**TASK**
Only the lines from the beginning of the data below through the line containing "s.push(lw(V1, HEAP_CELL, GP));" belong in the response, each copied exactly.

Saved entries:
↓

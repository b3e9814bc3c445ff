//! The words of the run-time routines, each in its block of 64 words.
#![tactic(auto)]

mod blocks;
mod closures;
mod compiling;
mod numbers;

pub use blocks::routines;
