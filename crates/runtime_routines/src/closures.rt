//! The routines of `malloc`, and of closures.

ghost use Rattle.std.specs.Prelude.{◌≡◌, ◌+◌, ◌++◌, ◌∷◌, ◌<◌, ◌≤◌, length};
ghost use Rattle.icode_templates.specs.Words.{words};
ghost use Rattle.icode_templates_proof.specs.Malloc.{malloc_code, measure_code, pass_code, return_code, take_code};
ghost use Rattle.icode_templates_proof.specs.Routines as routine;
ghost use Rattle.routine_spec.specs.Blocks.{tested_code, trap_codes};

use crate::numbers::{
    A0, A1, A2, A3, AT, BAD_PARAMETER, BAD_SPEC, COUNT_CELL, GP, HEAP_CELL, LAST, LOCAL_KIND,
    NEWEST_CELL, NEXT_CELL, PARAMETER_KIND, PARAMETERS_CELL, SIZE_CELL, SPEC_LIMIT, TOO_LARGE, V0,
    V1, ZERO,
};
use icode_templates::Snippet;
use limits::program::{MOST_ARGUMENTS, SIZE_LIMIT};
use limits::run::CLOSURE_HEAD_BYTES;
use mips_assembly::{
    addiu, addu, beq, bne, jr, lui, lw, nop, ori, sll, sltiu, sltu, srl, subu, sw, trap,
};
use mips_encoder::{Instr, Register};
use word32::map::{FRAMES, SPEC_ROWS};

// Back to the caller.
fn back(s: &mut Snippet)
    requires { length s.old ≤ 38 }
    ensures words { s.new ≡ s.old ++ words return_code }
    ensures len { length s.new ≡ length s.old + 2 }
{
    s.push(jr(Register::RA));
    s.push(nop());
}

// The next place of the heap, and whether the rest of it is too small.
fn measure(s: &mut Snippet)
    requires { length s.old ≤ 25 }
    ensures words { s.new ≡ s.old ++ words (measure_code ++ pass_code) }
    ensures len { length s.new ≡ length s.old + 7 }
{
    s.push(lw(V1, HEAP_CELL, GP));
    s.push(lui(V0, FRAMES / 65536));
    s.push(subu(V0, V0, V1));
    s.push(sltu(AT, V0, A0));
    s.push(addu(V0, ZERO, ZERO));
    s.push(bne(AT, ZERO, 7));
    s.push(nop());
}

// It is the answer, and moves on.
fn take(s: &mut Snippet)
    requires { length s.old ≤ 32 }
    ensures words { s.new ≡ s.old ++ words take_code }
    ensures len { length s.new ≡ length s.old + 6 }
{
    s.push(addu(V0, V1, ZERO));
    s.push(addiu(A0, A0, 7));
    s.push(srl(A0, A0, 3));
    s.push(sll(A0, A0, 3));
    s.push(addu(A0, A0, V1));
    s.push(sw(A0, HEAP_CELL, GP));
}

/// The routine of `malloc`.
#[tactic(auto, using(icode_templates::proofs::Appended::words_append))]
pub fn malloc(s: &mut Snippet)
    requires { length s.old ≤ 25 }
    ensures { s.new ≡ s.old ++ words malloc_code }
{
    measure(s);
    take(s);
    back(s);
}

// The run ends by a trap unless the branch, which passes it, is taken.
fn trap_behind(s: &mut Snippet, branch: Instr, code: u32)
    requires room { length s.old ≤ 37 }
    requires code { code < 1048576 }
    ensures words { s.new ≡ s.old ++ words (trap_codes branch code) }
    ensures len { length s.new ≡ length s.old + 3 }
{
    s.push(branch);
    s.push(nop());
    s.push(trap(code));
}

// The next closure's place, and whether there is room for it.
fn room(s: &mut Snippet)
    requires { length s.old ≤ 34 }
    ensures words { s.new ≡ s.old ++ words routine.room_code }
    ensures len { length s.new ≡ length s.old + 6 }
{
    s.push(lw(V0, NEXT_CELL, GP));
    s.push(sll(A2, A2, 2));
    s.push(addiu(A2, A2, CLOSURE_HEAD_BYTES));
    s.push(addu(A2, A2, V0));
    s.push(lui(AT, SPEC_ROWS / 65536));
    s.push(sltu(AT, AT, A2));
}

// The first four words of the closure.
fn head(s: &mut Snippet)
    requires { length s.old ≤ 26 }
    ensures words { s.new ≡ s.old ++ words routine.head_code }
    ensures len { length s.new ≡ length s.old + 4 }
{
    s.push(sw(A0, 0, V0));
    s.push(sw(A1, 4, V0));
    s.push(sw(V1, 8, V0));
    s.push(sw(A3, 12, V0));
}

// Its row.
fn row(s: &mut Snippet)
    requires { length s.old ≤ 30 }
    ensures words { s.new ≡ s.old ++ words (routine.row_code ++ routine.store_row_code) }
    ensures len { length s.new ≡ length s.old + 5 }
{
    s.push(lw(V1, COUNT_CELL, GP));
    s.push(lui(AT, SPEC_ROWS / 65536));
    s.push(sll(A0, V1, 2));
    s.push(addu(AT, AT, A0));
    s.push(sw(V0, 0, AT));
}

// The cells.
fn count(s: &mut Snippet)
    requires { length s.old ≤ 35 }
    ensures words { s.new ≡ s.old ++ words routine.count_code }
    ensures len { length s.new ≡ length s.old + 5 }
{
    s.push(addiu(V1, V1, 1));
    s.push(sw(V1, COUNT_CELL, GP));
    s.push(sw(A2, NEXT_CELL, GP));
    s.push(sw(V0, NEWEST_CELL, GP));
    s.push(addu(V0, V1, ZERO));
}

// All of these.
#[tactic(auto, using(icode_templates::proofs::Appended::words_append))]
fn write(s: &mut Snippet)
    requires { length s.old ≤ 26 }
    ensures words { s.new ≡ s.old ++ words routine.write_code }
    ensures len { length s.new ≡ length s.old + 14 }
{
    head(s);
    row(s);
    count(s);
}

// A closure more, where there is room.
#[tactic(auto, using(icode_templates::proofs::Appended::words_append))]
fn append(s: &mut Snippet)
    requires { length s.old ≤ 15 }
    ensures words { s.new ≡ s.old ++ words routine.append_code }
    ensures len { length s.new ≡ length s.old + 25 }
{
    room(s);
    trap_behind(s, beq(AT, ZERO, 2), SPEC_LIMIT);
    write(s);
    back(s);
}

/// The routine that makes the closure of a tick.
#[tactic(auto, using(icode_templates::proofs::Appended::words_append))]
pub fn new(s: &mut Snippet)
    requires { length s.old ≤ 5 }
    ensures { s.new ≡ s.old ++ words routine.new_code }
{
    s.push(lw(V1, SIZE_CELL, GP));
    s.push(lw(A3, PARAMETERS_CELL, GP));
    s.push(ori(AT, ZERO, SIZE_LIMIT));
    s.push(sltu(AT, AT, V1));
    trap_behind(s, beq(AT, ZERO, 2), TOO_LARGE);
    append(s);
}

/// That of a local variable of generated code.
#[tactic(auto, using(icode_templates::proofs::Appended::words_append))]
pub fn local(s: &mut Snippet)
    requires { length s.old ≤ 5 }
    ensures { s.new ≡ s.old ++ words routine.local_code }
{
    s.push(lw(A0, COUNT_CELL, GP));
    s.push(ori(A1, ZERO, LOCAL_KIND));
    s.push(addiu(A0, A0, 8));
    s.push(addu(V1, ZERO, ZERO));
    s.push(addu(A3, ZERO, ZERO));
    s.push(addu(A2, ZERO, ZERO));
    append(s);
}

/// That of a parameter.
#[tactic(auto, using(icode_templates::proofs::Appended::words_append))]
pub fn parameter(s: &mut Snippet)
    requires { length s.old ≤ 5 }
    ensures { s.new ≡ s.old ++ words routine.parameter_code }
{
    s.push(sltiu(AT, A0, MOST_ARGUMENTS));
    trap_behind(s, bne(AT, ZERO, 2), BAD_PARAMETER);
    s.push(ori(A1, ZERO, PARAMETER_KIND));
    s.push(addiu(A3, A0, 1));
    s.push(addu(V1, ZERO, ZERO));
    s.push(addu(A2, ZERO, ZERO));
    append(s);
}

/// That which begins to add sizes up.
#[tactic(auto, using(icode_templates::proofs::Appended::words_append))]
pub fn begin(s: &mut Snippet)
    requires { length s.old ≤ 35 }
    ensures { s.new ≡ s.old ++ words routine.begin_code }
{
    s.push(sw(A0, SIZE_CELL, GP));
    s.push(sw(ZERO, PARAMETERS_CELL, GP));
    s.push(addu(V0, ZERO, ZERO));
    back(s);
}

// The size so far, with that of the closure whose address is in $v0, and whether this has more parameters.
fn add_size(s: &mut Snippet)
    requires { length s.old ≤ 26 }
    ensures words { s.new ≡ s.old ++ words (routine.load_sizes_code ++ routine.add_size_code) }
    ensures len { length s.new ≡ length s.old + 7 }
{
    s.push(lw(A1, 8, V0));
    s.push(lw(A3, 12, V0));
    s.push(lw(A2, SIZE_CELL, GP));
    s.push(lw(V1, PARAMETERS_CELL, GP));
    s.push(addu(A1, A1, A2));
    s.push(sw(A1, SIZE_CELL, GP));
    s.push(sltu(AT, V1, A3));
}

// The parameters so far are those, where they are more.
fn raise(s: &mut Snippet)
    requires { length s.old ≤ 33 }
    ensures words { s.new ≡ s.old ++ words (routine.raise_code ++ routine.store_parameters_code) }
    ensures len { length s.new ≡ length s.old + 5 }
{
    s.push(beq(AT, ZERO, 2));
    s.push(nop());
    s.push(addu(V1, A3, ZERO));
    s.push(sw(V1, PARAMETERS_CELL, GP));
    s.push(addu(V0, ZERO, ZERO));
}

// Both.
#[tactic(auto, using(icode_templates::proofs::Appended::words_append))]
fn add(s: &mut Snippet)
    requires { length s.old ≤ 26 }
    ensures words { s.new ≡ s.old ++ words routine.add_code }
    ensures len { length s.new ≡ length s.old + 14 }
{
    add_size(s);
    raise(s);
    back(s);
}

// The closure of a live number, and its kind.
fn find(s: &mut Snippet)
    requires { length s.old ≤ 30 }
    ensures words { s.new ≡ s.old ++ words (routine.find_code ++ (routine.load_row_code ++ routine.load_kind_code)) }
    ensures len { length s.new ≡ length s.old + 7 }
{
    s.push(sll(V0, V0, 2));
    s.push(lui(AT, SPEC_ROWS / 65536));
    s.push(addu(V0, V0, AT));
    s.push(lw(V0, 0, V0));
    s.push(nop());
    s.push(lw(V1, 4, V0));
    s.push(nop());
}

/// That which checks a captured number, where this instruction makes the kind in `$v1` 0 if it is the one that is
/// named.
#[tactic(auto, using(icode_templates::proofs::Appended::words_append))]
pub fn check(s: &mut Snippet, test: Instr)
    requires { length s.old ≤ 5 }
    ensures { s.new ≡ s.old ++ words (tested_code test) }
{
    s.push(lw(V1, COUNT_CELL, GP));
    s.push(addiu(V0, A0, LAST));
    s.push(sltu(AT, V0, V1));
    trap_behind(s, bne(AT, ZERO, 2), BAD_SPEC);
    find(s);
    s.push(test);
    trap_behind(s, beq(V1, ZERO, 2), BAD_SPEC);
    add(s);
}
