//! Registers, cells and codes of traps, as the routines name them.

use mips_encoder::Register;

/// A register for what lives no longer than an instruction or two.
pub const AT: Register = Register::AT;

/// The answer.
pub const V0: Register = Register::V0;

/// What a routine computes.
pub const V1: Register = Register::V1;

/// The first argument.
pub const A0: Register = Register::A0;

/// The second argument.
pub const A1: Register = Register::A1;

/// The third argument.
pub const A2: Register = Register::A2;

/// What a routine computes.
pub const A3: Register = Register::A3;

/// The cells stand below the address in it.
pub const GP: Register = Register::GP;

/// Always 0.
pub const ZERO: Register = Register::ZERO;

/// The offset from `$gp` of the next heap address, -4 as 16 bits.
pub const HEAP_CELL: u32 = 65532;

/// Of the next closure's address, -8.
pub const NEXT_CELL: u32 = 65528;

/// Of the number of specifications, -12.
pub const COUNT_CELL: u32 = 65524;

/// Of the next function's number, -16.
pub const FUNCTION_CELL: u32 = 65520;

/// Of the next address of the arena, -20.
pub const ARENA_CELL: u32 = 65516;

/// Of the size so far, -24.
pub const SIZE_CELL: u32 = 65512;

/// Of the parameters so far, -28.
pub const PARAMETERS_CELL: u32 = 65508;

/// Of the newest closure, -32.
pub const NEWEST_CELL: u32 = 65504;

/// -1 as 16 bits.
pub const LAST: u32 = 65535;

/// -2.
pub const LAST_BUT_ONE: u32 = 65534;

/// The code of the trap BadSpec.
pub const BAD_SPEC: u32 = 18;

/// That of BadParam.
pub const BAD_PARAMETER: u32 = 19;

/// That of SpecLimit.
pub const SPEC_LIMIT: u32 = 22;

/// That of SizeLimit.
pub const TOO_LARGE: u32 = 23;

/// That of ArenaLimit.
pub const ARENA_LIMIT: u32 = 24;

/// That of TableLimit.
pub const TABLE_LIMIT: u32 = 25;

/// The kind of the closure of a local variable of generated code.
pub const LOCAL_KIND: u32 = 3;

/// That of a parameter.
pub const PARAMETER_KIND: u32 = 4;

↑

**YOUR SOLUTION**
repository b3e9814bc3c445ff
//! The words of the run-time routines, each in its block of 64 words.
#![tactic(auto)]

mod blocks;
mod closures;
mod compiling;
mod numbers;

pub use blocks::routines;
filename crates/runtime_routines/src/closures.rt
//! The routines of `malloc`, and of closures.

ghost use Rattle.std.specs.Prelude.{◌≡◌, ◌+◌, ◌++◌, ◌∷◌, ◌<◌, ◌≤◌, length};
ghost use Rattle.icode_templates.specs.Words.{words};
ghost use Rattle.icode_templates_proof.specs.Malloc.{malloc_code, measure_code, pass_code, return_code, take_code};
ghost use Rattle.icode_templates_proof.specs.Routines as routine;
ghost use Rattle.routine_spec.specs.Blocks.{tested_code, trap_codes};

use crate::numbers::{
    A0, A1, A2, A3, AT, BAD_PARAMETER, BAD_SPEC, COUNT_CELL, GP, HEAP_CELL, LAST, LOCAL_KIND,
    NEWEST_CELL, NEXT_CELL, PARAMETER_KIND, PARAMETERS_CELL, SIZE_CELL, SPEC_LIMIT, TOO_LARGE, V0,
    V1, ZERO,
};
use icode_templates::Snippet;
use limits::program::{MOST_ARGUMENTS, SIZE_LIMIT};
use limits::run::CLOSURE_HEAD_BYTES;
use mips_assembly::{
    addiu, addu, beq, bne, jr, lui, lw, nop, ori, sll, sltiu, sltu, srl, subu, sw, trap,
};
use mips_encoder::{Instr, Register};
use word32::map::{FRAMES, SPEC_ROWS};

// Back to the caller.
fn back(s: &mut Snippet)
    requires { length s.old ≤ 38 }
    ensures words { s.new ≡ s.old ++ words return_code }
    ensures len { length s.new ≡ length s.old + 2 }
{
    s.push(jr(Register::RA));
    s.push(nop());
}

// The next place of the heap, and whether the rest of it is too small.
fn measure(s: &mut Snippet)
    requires { length s.old ≤ 25 }
    ensures words { s.new ≡ s.old ++ words (measure_code ++ pass_code) }
    ensures len { length s.new ≡ length s.old + 7 }
{
    s.push(lw(V1, HEAP_CELL, GP));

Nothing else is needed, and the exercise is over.